**AIM OF THE TASK:**
Lines in which "count" appears should be pulled from the data below.

Dataset entries:
=====

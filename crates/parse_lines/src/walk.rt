//! The lines of a text (CommonMark 2.1), one after another, each after the prefixes of its containers.
ghost use Rattle.std.specs.Prelude.{◌≡◌, ◌∷◌, [], ◌+◌, ◌-◌, ◌<◌, ◌^◌, IfOk, List, OnOk, false, length, true, ℕ};
ghost use Rattle.std.specs.Str.{is_utf8};
ghost use Rattle.definition_text.specs.Columns.{bare, bytes_of};
ghost use Rattle.definition_text.specs.Lines.{ending_text};
ghost use Rattle.block_starts.specs.View.{rest_of};
ghost use Rattle.engine_events.specs.declared.event.Name.TheVariants.{SpaceOrTab};
ghost use Rattle.parse_output.specs.Open.{Entered, closed};
ghost use Rattle.parse_output.specs.Ends.{end_at, first_end};
ghost use Rattle.event_grammar.specs.Trees.{Nil, growth};
ghost use Rattle.event_grammar.specs.Void.{is_void};
ghost use Rattle.parse_output.specs.Written.{Enters, Exits, IsInOrder, forest_in};
ghost use Rattle.parse_output.specs.Children.{holds_lines, may_enter};
ghost use Rattle.parse_lines.specs.Ends.{EndsInLine, WritesEnding, WritesLine, WritesNextLine, WritesUpTo, line_after, rest_start, written_to};
ghost use Rattle.parse_lines.specs.Content.{EntersInLine, ExitsInLine, StandsInLine};
ghost use Rattle.parse_lines.specs.Open.{still_open};
ghost use Rattle.parse_lines.specs.Pieces.{WritesBegun, WritesNextBegun};
ghost use Rattle.parse_lines.specs.Standing.{standing};
ghost use Rattle.parse_lines.specs.Steps.{BeginsAt, BeginsLine, EndsLine, HasSameOpen, IsBegun, PassesLine};

use crate::prefix::line_rest;
use block_starts::Cursor;
use engine_events::event::Name;
use markdown_options::{Constructs, Container, LineEnding};
use parse_output::{End, Output, at};
use std::alloc::{AllocError, Allocator};
use text_lines::next_line;

/// A walk over the lines of a text.
#[derive(Drop)]
pub struct Walk<'a, A: Allocator> {
    pub on: &'a Constructs,
    /// How many bytes the text has.
    pub(crate) size: usize,
    /// What follows the line.
    pub(crate) left: &'a str,
    /// Whether a line is begun.
    pub(crate) is_in_line: bool,
    /// What is left of it.
    pub rest: Cursor<'a>,
    /// Where its ending is.
    pub(crate) line_end: usize,
    pub(crate) ending: Option<LineEnding>,
    /// The containers that are open, the outermost first.
    pub(crate) open: Vec<Container<'a>, A>,
    /// From this depth on no container is a quote.
    pub(crate) quotes_end: usize,
    pub(crate) out: Output<A>,
    /// How far a content is written.
    pub(crate) place: usize,
    /// Where the line starts in that content.
    pub(crate) line_place: usize,
    /// Where it starts in the text.
    pub(crate) line_start: End,
}

impl<'a, A: Allocator + Clone> Walk<'a, A> {
    /// A walk over the lines at the end of a text of a size, which begin with `lines`.
    pub fn new(
        alloc: A,
        on: &'a Constructs,
        size: usize,
        lines: &'a str,
    ) -> Result<Walk<'a, A>, AllocError>
        ensures constructs { IfOk result (λ walk. walk.on.now ≡ on.now) }
        ensures size { IfOk result (λ walk. walk.size ≡ size) }
        ensures left { IfOk result (λ walk. walk.left.now ≡ lines.now) }
        ensures open { IfOk result (λ walk. still_open walk ≡ []) }
        ensures begins { IfOk result (λ walk. BeginsAt size lines.now (standing walk)) }
        ensures written { IfOk result (λ walk. written_to walk ≡ first_end) }
        ensures order { IfOk result (λ walk. (text : List ℕ) → is_utf8 text ≡ true → IsInOrder text walk.out) }
        ensures forest { IfOk result (λ walk. (text : List ℕ) → forest_in text walk.out ≡ growth Nil []) }
        ensures outside { IfOk result (λ walk. (standing walk).outermost ≡ []) }
    {
        Ok(Walk {
            on,
            size,
            left: lines,
            is_in_line: false,
            rest: line_rest(""),
            line_end: 0,
            ending: None,
            open: Vec::new(alloc.clone()?),
            quotes_end: 0,
            out: Output::new(alloc, size)?,
            place: 0,
            line_place: 0,
            line_start: at(0),
        })
    }
}

impl<'a, A: Allocator> Walk<'a, A> {
    /// What is written.
    pub fn into_output(self) -> Output<A>
        ensures { result ≡ self.entry.out }
    {
        let Walk { out, .. } = self;
        out
    }

    /// Whether a line is begun.
    pub fn is_in_line(&self) -> bool
        ensures { result ≡ self.now.is_in_line }
    {
        self.is_in_line
    }

    /// Whether no container is open.
    pub fn is_outside(&self) -> bool
        ensures outside { result ≡ true → (standing self.now).outermost ≡ [] }
        ensures inside { result ≡ false → 0 < length (standing self.now).outermost }
    {
        self.open.is_empty()
    }

    /// Begins a line, unless one is begun.
    pub fn in_line(&mut self) -> Result<(), AllocError>
        requires lines { holds_lines (still_open self.old) ≡ true }
        ensures open { OnOk result (still_open self.new ≡ still_open self.old) }
        ensures begun { OnOk result (IsBegun (standing self.old) (standing self.new)) }
        ensures written { OnOk result (WritesLine self.old self.new) }
        ensures exact { OnOk result (WritesBegun self.old self.new) }
        ensures line { OnOk result (EndsInLine self.old self.new) }
        ensures around { OnOk result (HasSameOpen (standing self.old) (standing self.new)) }
        ensures stays { self.old.is_in_line ≡ true → OnOk result (self.new ≡ self.old) }
    {
        if self.is_in_line {
            Ok(())
        } else {
            self.begin_line()
        }
    }

    /// Begins a line: the containers that go on have their prefixes on it.
    pub fn begin_line(&mut self) -> Result<(), AllocError>
        requires lines { holds_lines (still_open self.old) ≡ true }
        ensures open { OnOk result (still_open self.new ≡ still_open self.old) }
        ensures begins { OnOk result (BeginsLine (standing self.old) (standing self.new)) }
        ensures written { OnOk result (WritesLine self.old self.new) }
        ensures exact { OnOk result (WritesBegun self.old self.new) }
        ensures line { OnOk result (EndsInLine self.old self.new) }
        ensures around { OnOk result (HasSameOpen (standing self.old) (standing self.new)) }
    {
        let (content, ending, after) = next_line(self.left);
        self.line_end = self
            .size
            .saturating_sub(after.len())
            .saturating_sub(ending_size(ending));
        self.ending = ending;
        self.left = after;
        self.is_in_line = true;
        self.rest = line_rest(content);
        self.prefixes()
    }

    /// The ending of the line, and the start of the next.
    #[tactic(auto, using(parse_output::proofs::Classes::lines_may))]
    pub fn next_line(&mut self) -> Result<(), AllocError>
        requires lines { holds_lines (still_open self.old) ≡ true }
        ensures open { OnOk result (still_open self.new ≡ still_open self.old) }
        ensures passes { OnOk result (PassesLine (standing self.old) (standing self.new)) }
        ensures written { OnOk result (WritesNextLine self.old self.new) }
        ensures exact { OnOk result (WritesNextBegun self.old self.new) }
        ensures around { OnOk result (HasSameOpen (standing self.old) (standing self.new)) }
    {
        self.ending(Name::LineEnding)?;
        self.begin_line()
    }

    /// The line's ending, if it has one, by this name.
    pub fn ending(&mut self, name: Name) -> Result<(), AllocError>
        requires child { may_enter (still_open self.old) name ≡ true }
        ensures open { OnOk result (still_open self.new ≡ still_open self.old) }
        ensures ends { OnOk result (EndsLine (standing self.old) (standing self.new)) }
        ensures written { OnOk result (WritesEnding name self.old self.new) }
        ensures line { OnOk result (line_after self.new ≡ line_after self.old) }
        ensures around { OnOk result (HasSameOpen (standing self.old) (standing self.new)) }
    {
        self.is_in_line = false;
        let end = at(self.line_end).after(ending_size(self.ending));
        self.out.token(name, end)
    }

    /// Something begins here that may hold others.
    pub fn enter(&mut self, name: Name) -> Result<(), AllocError>
        requires child { may_enter (still_open self.old) name ≡ true }
        requires row { is_void name ≡ false }
        ensures open { OnOk result (still_open self.new ≡ Entered name ∷ still_open self.old) }
        ensures written { OnOk result ((text line : List ℕ) → StandsInLine text line self.old → EntersInLine text name line self.old self.new) }
        ensures stays { OnOk result (standing self.new ≡ standing self.old) }
        ensures end { OnOk result (written_to self.new ≡ written_to self.old) }
        ensures enters { OnOk result ((text : List ℕ) → IsInOrder text self.old.out → Enters text name self.old.out self.new.out) }
    {
        self.out.enter(name)
    }

    /// Something ends here.
    pub fn exit(&mut self, name: Name) -> Result<(), AllocError>
        ensures open { OnOk result (still_open self.new ≡ closed name (still_open self.old)) }
        ensures written { OnOk result ((text line : List ℕ) → StandsInLine text line self.old → ExitsInLine text name line self.old self.new) }
        ensures stays { OnOk result (standing self.new ≡ standing self.old) }
        ensures end { OnOk result (written_to self.new ≡ written_to self.old) }
        ensures exits { OnOk result ((text : List ℕ) → IsInOrder text self.old.out → Exits text name self.old.out self.new.out) }
    {
        self.out.exit(name)
    }

    /// The next bytes, so many, by a name.
    pub fn token(&mut self, name: Name, size: usize) -> Result<(), AllocError>
        requires child { may_enter (still_open self.old) name ≡ true }
        ensures open { OnOk result (still_open self.new ≡ still_open self.old) }
        ensures stays { OnOk result (standing self.new ≡ standing self.old) }
        ensures end { OnOk result ((written_to self.old).index + size < 2 ^ 64
            → written_to self.new ≡ end_at ((written_to self.old).index + size) 0) }
        ensures written { OnOk result ((written_to self.old).index + size < 2 ^ 64
            → WritesUpTo name (end_at ((written_to self.old).index + size) 0) self.old self.new) }
    {
        let end = self.out.end().after(size);
        self.out.token(name, end)
    }

    /// What is before an index, by a name.
    pub fn to(&mut self, name: Name, index: usize) -> Result<(), AllocError>
        requires child { may_enter (still_open self.old) name ≡ true }
        ensures open { OnOk result (still_open self.new ≡ still_open self.old) }
        ensures stays { OnOk result (standing self.new ≡ standing self.old) }
        ensures end { OnOk result (written_to self.new ≡ end_at index 0) }
        ensures written { OnOk result (WritesUpTo name (end_at index 0) self.old self.new) }
    {
        self.out.token(name, at(index))
    }

    /// The columns and bytes of the line before a rest of it.
    pub fn space_to(&mut self, rest: &Cursor<'a>) -> Result<(), AllocError>
        requires space { may_enter (still_open self.old) SpaceOrTab ≡ true }
        ensures open { OnOk result (still_open self.new ≡ still_open self.old) }
        ensures stays { OnOk result (standing self.new ≡ standing self.old) }
        ensures end { OnOk result (written_to self.new ≡ rest_start self.old.line_end (rest_of rest.now)) }
        ensures written { OnOk result (WritesUpTo SpaceOrTab (rest_start self.old.line_end (rest_of rest.now)) self.old self.new) }
    {
        let end = self.start_of(rest);
        self.out.token(Name::SpaceOrTab, end)
    }

    /// The spaces and tabs ahead. Answers what follows them.
    pub fn white(&mut self) -> Result<&'a str, AllocError>
        requires space { may_enter (still_open self.old) SpaceOrTab ≡ true }
        ensures open { OnOk result (still_open self.new ≡ still_open self.old) }
        ensures stays { OnOk result (standing self.new ≡ standing self.old) }
        ensures end { OnOk result (written_to self.new ≡ end_at (self.old.line_end - length (bytes_of (bare (rest_of self.old.rest)))) 0) }
        ensures written { OnOk result (WritesUpTo SpaceOrTab (end_at (self.old.line_end - length (bytes_of (bare (rest_of self.old.rest)))) 0)
            self.old self.new) }
        ensures bare { IfOk result (λ text. text.now ≡ bytes_of (bare (rest_of self.old.rest))) }
    {
        let bare = self.rest.bare_text();
        self.to(Name::SpaceOrTab, self.index_of(bare.len()))?;
        Ok(bare)
    }

    /// What is left of the line, by this name.
    pub fn all(&mut self, name: Name) -> Result<(), AllocError>
        requires child { may_enter (still_open self.old) name ≡ true }
        ensures open { OnOk result (still_open self.new ≡ still_open self.old) }
        ensures stays { OnOk result (standing self.new ≡ standing self.old) }
        ensures end { OnOk result (written_to self.new ≡ end_at self.old.line_end 0) }
        ensures written { OnOk result (WritesUpTo name (end_at self.old.line_end 0) self.old self.new) }
    {
        self.to(name, self.line_end)
    }

    /// Where a rest of the line begins.
    pub fn start_of(&self, rest: &Cursor<'a>) -> End
        ensures { result ≡ rest_start self.now.line_end (rest_of rest.now) }
    {
        let index = self.index_of(rest.text().len());
        let owed = rest.tab_columns();
        if owed > 0 {
            End {
                index: index.saturating_sub(1),
                owed,
            }
        } else {
            at(index)
        }
    }

    /// Where the last bytes of the line's content begin, so many.
    pub fn index_of(&self, count: usize) -> usize
        ensures { result ≡ self.now.line_end - count }
    {
        self.line_end.saturating_sub(count)
    }
}

/// How many bytes an ending has, if there is one.
fn ending_size(ending: Option<LineEnding>) -> usize
    ensures { result ≡ length (ending_text ending) }
{
    match ending {
        Some(ending) => ending.as_str().len(),
        None => 0,
    }
}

=====

**ANSWER SECTION:**
    pub fn index_of(&self, count: usize) -> usize
        ensures { result ≡ self.now.line_end - count }
        self.line_end.saturating_sub(count)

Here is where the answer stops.